Reestructurar para bien

Las reglas están claras y arrancó el proceso. La reestructuración del Gobierno nacional ya inició con una primera fase de diagnóstico que desembocará, a mediano plazo, en decisiones ejecutivas de fusión, rediseño, supresión, entre otras posibilidades. La promesa es que no habrá despidos masivos ni se verán en medios internacionales las dolorosas imágenes de represión contra trabajadores, cesados y suspendidos, como en otros países que inician transformaciones similares. Queremos creer que será así y es lo que aspiramos. Sin embargo, emprender esta acción, sin duda, es una necesidad urgente.
Señalar las razones del porqué llegamos a una situación que obliga a repensar la estructura gubernamental o caer en la árida discusión de si es o no una imposición foránea no tiene sentido. Lo que es ineludible es llevar a cabo esa reingeniería dada la realidad que se registra.
En primer lugar, existe una proliferación institucional. Es decir, una multiplicación de entes que surgieron por coyunturas específicas, pero que ante la situación que vivimos hoy es obvio que deben revisarse. Por tal razón, el diagnóstico debe centrarse, repito, no en las causas sino en la propia situación actual.
Por ejemplo, la evidente proliferación de organismos. Esto ocasiona, además de la nefasta duplicación de funciones, una peligrosa atomización de la estructura gubernamental. Muchos entes haciendo lo mismo debilitan la gestión pública y hace al Estado venezolano más vulnerable ante las amenazas foráneas.
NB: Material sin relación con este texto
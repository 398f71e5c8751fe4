//! The command `ibis -l`: the schema of a dataset, and its parts with the indexes of their columns.
#![tactic(auto)]

mod listing;
#[cfg(test)]
mod tests;

pub use listing::list;
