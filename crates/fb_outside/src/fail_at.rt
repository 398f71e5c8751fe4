ghost use Rattle.std.specs.Prelude.{◌≡◌, IfOk, map};
ghost use Rattle.fb_outside.specs.Memory.{fault_at, plain_fail};

use std::alloc::{AllocError, Global};

/// A call that fails, by its number: the calls of an object count from 0.
#[derive(Clone, Copy, Debug, PartialEq, Eq)]
pub struct FailAt {
    pub call: u64,
    /// Whether a `put` that fails leaves the new bytes. Else it leaves what was there.
    pub keep_new: bool,
}

/// Whether this call fails, and then what it leaves. The first entry of the call counts.
pub(crate) fn fault_in(fails: &[FailAt], call: u64) -> Option<bool>
    ensures { result ≡ fault_at fails.now call }
{
    for fail in fails {
        if fail.call == call {
            return Some(fail.keep_new);
        }
    }
    None
}

/// Plain failures at these calls.
pub(crate) fn plain_fails(alloc: Global, calls: &[u64]) -> Result<Vec<FailAt>, AllocError>
    ensures { IfOk result (λ fails. fails.items ≡ map plain_fail calls.now) }
{
    calls
        .iter()
        .map(|call| FailAt {
            call: *call,
            keep_new: false,
        })
        .collect(alloc)
}
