ghost use Rattle.std.specs.Prelude.{◌≡◌, ◌↔◌, IsSome, IfOk, IfSome, IsTrue};
ghost use Rattle.std.specs.List.{list_all};
ghost use Rattle.fb_outside.specs.Names.{IsFileName, IsPath, IsName, is_piece_byte};
ghost use Rattle.fb_outside.specs.NameTests.{is_piece, are_dots, are_joined, are_pieces};

use std::alloc::{AllocError, Global};
use std::marker::Model;

const NAME_BYTES: usize = 300;

const NAME_PIECE: usize = 80;

const PATH_BYTES: usize = 200;

const PATH_PIECE: usize = 64;

/// The name of a file: at most 300 bytes, an optional slash and then pieces joined by single slashes.
/// A piece is 1 to 80 ASCII letters, digits, `_`, `-` and `.`, and neither `.` nor `..`.
/// Contracts see it as the list of its bytes.
#[derive(Debug, Drop)]
pub struct FileName {
    text: String,
}

impl Model for FileName {
    ghost use Rattle.std.specs.Prelude.{List, ℕ, string_bytes};
    ghost use Rattle.fb_outside.specs.Names.{IsFileName};

    ghost Value = { List ℕ };

    ghost view = { λ name. string_bytes name.text };

    ghost invariant = { λ name. IsFileName (string_bytes name.text) };
}

impl FileName {
    /// The name that the text spells, or None where it isn't a file's name.
    pub fn from_str(alloc: Global, text: &str) -> Result<Option<FileName>, AllocError>
        ensures named { IfOk result (λ name. IsSome name ↔ IsFileName text.now) }
        ensures bytes { IfOk result (λ name. IfSome name (λ name. name ≡ text.now)) }
    {
        if !has_name_form(text.as_bytes(), NAME_BYTES, NAME_PIECE) {
            return Ok(None);
        }
        let name = FileName::known(alloc, text)?;
        Ok(Some(name))
    }

    /// The name that the text is known to spell.
    pub(crate) fn known(alloc: Global, text: &str) -> Result<FileName, AllocError>
        requires { IsFileName text.now }
        ensures { IfOk result (λ name. name ≡ text.now) }
    {
        let text = String::from_str(alloc, text)?;
        Ok(FileName { text })
    }

    /// The name as text.
    pub fn as_str(&self) -> &str
        ensures bytes { result.now ≡ self.now }
        ensures named { IsFileName result.now }
    {
        self.text.as_str()
    }

    /// Whether it is a path, under which a dataset may stand: at most 200 bytes, with pieces of at most 64.
    pub fn is_path(&self) -> bool
        ensures { IsTrue result ↔ IsPath self.now }
    {
        has_name_form(self.as_str().as_bytes(), PATH_BYTES, PATH_PIECE)
    }

    /// The same name once more.
    pub fn copy(&self, alloc: Global) -> Result<FileName, AllocError>
        ensures { IfOk result (λ name. name ≡ self.now) }
    {
        FileName::known(alloc, self.as_str())
    }
}

/// Whether the bytes are a name of at most `longest` bytes with pieces of at most `most`.
fn has_name_form(text: &[u8], longest: usize, most: usize) -> bool
    ensures { IsTrue result ↔ IsName longest most text.now }
{
    text.len() <= longest && has_pieces(text, most)
}

fn has_pieces(text: &[u8], most: usize) -> bool
    ensures { result ≡ are_pieces most text.now }
{
    match text {
        [b'/', rest @ ..] => all_pieces(rest, most),
        _ => all_pieces(text, most),
    }
}

fn all_pieces(text: &[u8], most: usize) -> bool
    ensures { result ≡ are_joined most text.now }
{
    text.split(|b| *b == b'/')
        .all(|piece| has_piece_form(piece, most))
}

fn has_piece_form(piece: &[u8], most: usize) -> bool
    ensures { result ≡ is_piece most piece.now }
{
    !piece.is_empty() && piece.len() <= most && has_name_bytes(piece) && !is_dots(piece)
}

fn has_name_bytes(piece: &[u8]) -> bool
    ensures { result ≡ list_all is_piece_byte piece.now }
{
    piece.iter().all(|b| is_name_byte(*b))
}

fn is_dots(piece: &[u8]) -> bool
    ensures { result ≡ are_dots piece.now }
{
    piece == b".".as_slice() || piece == b"..".as_slice()
}

fn is_name_byte(b: u8) -> bool
    ensures { result ≡ is_piece_byte b }
{
    b.is_ascii_alphanumeric() || b == b'_' || b == b'-' || b == b'.'
}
La fragmentación de la gestión pública también origina otro efecto desafortunado. Al mismo tiempo que debilita el sistema, provoca una peligrosa precarización en dos niveles o ámbitos: la precarización de los servicios que prestan dichas instituciones a sus públicos o usuarios y, en consecuencia, la precarización de los trabajadores que deben buscar varios empleos, porque su campo laboral o de desempeño profesional se ha atomizado.
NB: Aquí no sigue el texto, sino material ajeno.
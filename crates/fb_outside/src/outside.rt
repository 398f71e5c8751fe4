ghost use Rattle.std.specs.Prelude.{◌≡◌, ◌+◌, ◌<◌, ◌≤◌, ℕ, List, Option, take, length, IsErr, IfOk, IfSome, OnOk, OnErr, IsErrOf, option_map};
ghost use Rattle.fb_outside.specs.Causes.{HasCause};
ghost use Rattle.fb_outside.specs.Streams.{Takes, IsAtEnd, Grows, GrowsInPart};
ghost use Rattle.fb_outside.specs.Files.{Files, file_at, bytes_at, SameFiles, Puts, PutLeaves};
ghost use Rattle.fb_outside.specs.Reads.{Look, AddsRead};
ghost use Rattle.fb_outside.specs.Names.{IsFileName};
ghost use Rattle.fb_outside.specs.declared.outside.Trouble.TheVariants as trouble_;

use std::alloc::AllocError;
use thiserror::Error;

/// The outside failed: the count of faults of the object that was called rose.
#[derive(Clone, Copy, Debug, PartialEq, Eq, Error)]
#[error("the outside failed")]
pub struct Failed;

/// Why something couldn't be put.
#[derive(Clone, Copy, Debug, PartialEq, Eq, Error)]
pub enum Trouble {
    #[error("the outside failed")]
    Failed,
    #[error("out of memory")]
    OutOfMemory,
}

impl From<AllocError> for Trouble {
    ghost from_gives = { λ _ trouble. trouble ≡ trouble_.OutOfMemory };

    fn from(_error: AllocError) -> Trouble {
        Trouble::OutOfMemory
    }
}

/// Bytes that come in.
pub trait Source {
    /// How often the outside has failed.
    ghost faults: { Self → ℕ };

    /// The bytes that are still to come, where they are told.
    ghost left: { Self → Option (List ℕ) };

    /// Moves bytes from the front of what is left into `buf`, and answers how many.
    /// 0 on a buffer that has room is the end.
    fn take(&mut self, buf: &mut [u8]) -> Result<usize, Failed>
        ensures cause { HasCause (faults self.old) (faults self.new) (IsErr result) }
        ensures count { IfOk result (λ n. n ≤ length buf.new) }
        ensures taken { IfOk result (λ n. Takes (left self.old) (left self.new) (take n buf.new)) }
        ensures end { IfOk result (λ n. n ≡ 0 → 0 < length buf.new → IsAtEnd (left self.old)) }
        ensures failed { OnErr result (left self.new ≡ left self.old) };
}

/// Where bytes go out.
pub trait Sink {
    /// How often the outside has failed.
    ghost faults: { Self → ℕ };

    /// The bytes that went out, where they are told.
    ghost written: { Self → Option (List ℕ) };

    /// Puts the whole piece behind what was written. Where the outside fails, a front of it may be there.
    fn put(&mut self, piece: &[u8]) -> Result<(), Trouble>
        ensures cause { HasCause (faults self.old) (faults self.new) (IsErrOf result Trouble.Failed) }
        ensures ok { OnOk result (Grows (written self.old) (written self.new) piece.now) }
        ensures failed { IsErrOf result Trouble.Failed → GrowsInPart (written self.old) (written self.new) piece.now }
        ensures memory { IsErrOf result Trouble.OutOfMemory → written self.new ≡ written self.old };
}

/// Files under names.
pub trait Store {
    /// How often the outside has failed.
    ghost faults: { Self → ℕ };

    /// The files, where they are told. Whether they are never changes.
    ghost files: { Self → Option Files };

    /// The reads so far of names that have a file, where they are told. Where they are told after a call,
    /// they were told before it.
    ghost reads: { Self → Option (List Look) };

    /// The number of the file's bytes, or None where there is no such file.
    fn len(&mut self, name: &str) -> Result<Option<u64>, Failed>
        requires { IsFileName name.now }
        ensures cause { HasCause (faults self.old) (faults self.new) (IsErr result) }
        ensures len { IfOk result (λ len. IfSome (files self.old) (λ m. len ≡ option_map length (file_at m name.now))) }
        ensures files { SameFiles (files self.old) (files self.new) }
        ensures reads { reads self.new ≡ reads self.old };

    /// Gives the file's bytes from `at` on, all that fit in `buf`, and answers how many: none where there
    /// is no such file, or where `at` is at its end or past it.
    fn read_at(&mut self, name: &str, at: u64, buf: &mut [u8]) -> Result<usize, Failed>
        requires { IsFileName name.now }
        ensures cause { HasCause (faults self.old) (faults self.new) (IsErr result) }
        ensures count { IfOk result (λ n. n ≤ length buf.new) }
        ensures given { IfOk result (λ n. IfSome (files self.old)
            (λ m. take n buf.new ≡ bytes_at m name.now at (length buf.new))) }
        ensures files { SameFiles (files self.old) (files self.new) }
        ensures reads { AddsRead (files self.old) (reads self.old) (reads self.new)
            (record { name = name.now; offset = at; room = length buf.new }) };

    /// Makes these the bytes of the file, whether or not it is there. Every other file stays. Where the
    /// outside fails, the file is as before or has the new bytes.
    fn put(&mut self, name: &str, bytes: &[u8]) -> Result<(), Trouble>
        requires { IsFileName name.now }
        ensures cause { HasCause (faults self.old) (faults self.new) (IsErrOf result Trouble.Failed) }
        ensures ok { OnOk result (Puts (files self.old) (files self.new) name.now bytes.now) }
        ensures failed { IsErrOf result Trouble.Failed → PutLeaves name.now bytes.now (files self.old) (files self.new) }
        ensures memory { IsErrOf result Trouble.OutOfMemory → SameFiles (files self.old) (files self.new) }
        ensures reads { reads self.new ≡ reads self.old };
}
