ghost use Rattle.std.specs.Prelude.{◌≡◌, ◌≤◌, length, IfOk, IfSome, OnOk, IsErrOf, option_map};
ghost use Rattle.fb_outside.specs.Causes.{HasCause};
ghost use Rattle.fb_outside.specs.Files.{bytes_at, file_at, SameFiles};
ghost use Rattle.fb_outside.specs.Reads.{AddsOnly, AddsRead, IsWholeLook, whole_look};

use crate::file_name::FileName;
use crate::outside::{Store, Trouble};
use std::alloc::Global;

/// The first `len` bytes of a file by one read of so many from its beginning; fewer where the store gives
/// fewer, and none where there is no such file. Where memory runs out nothing was read.
pub fn read_whole<S: Store>(
    alloc: Global,
    store: &mut S,
    name: &FileName,
    len: usize,
) -> Result<Vec<u8>, Trouble>
    ensures cause { HasCause (S.faults store.old) (S.faults store.new) (IsErrOf result Trouble.Failed) }
    ensures given { IfOk result (λ bytes. IfSome (S.files store.old) (λ m. bytes.items ≡ bytes_at m name.now 0 len)) }
    ensures within { IfOk result (λ bytes. length bytes.items ≤ len) }
    ensures files { SameFiles (S.files store.old) (S.files store.new) }
    ensures read { (IsErrOf result Trouble.OutOfMemory → ⊥) → AddsRead (S.files store.old) (S.reads store.old) (S.reads store.new)
        (record { name = name.now; offset = 0; room = len }) }
    ensures unread { IsErrOf result Trouble.OutOfMemory → S.reads store.new ≡ S.reads store.old }

    // What is read in either case, as a layer above joins it with its other reads.
    ensures reads { AddsOnly (λ look. look ≡ record { name = name.now; offset = 0; room = len }) (S.reads store.old) (S.reads store.new) }
{
    let Ok(mut bytes) = vec![in alloc; 0; len] else {
        return Err(Trouble::OutOfMemory);
    };
    match store.read_at(name.as_str(), 0, &mut bytes) {
        Ok(n) => {
            bytes.truncate(n);
            Ok(bytes)
        }
        Err(_) => Err(Trouble::Failed),
    }
}

/// All bytes of a file, or None where there is no such file: by a question for its length and one read of so many.
pub fn file_bytes<S: Store>(
    alloc: Global,
    store: &mut S,
    name: &FileName,
) -> Result<Option<Vec<u8>>, Trouble>
    ensures cause { HasCause (S.faults store.old) (S.faults store.new) (IsErrOf result Trouble.Failed) }
    ensures given { IfOk result (λ bytes. IfSome (S.files store.old) (λ m. option_map (λ v. v.items) bytes ≡ file_at m name.now)) }
    ensures files { SameFiles (S.files store.old) (S.files store.new) }
    ensures reads { AddsOnly (IsWholeLook (S.files store.old) name.now) (S.reads store.old) (S.reads store.new) }
    ensures once { OnOk result (IfSome (S.files store.old) (λ m. AddsRead (Some m) (S.reads store.old) (S.reads store.new) (whole_look m name.now))) }
{
    match store.len(name.as_str()) {
        Ok(None) => Ok(None),
        Ok(Some(len)) => match read_whole(alloc, store, name, len as usize) {
            Ok(bytes) => Ok(Some(bytes)),
            Err(trouble) => Err(trouble),
        },
        Err(_) => Err(Trouble::Failed),
    }
}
Por tal razón, es urgente que se emprenda esa reestructuración del gobierno y sus instituciones, respetando en todo momento a los trabajadores y demás involucrados. Solo así, se vencerá la atomización que nos debilita, la fragmentación de la gestión pública y, sobre todo, la precarización de los servicios prestados y de quienes laboran día a día con convicción y entrega por defender el país desde cada lugar de la administración pública.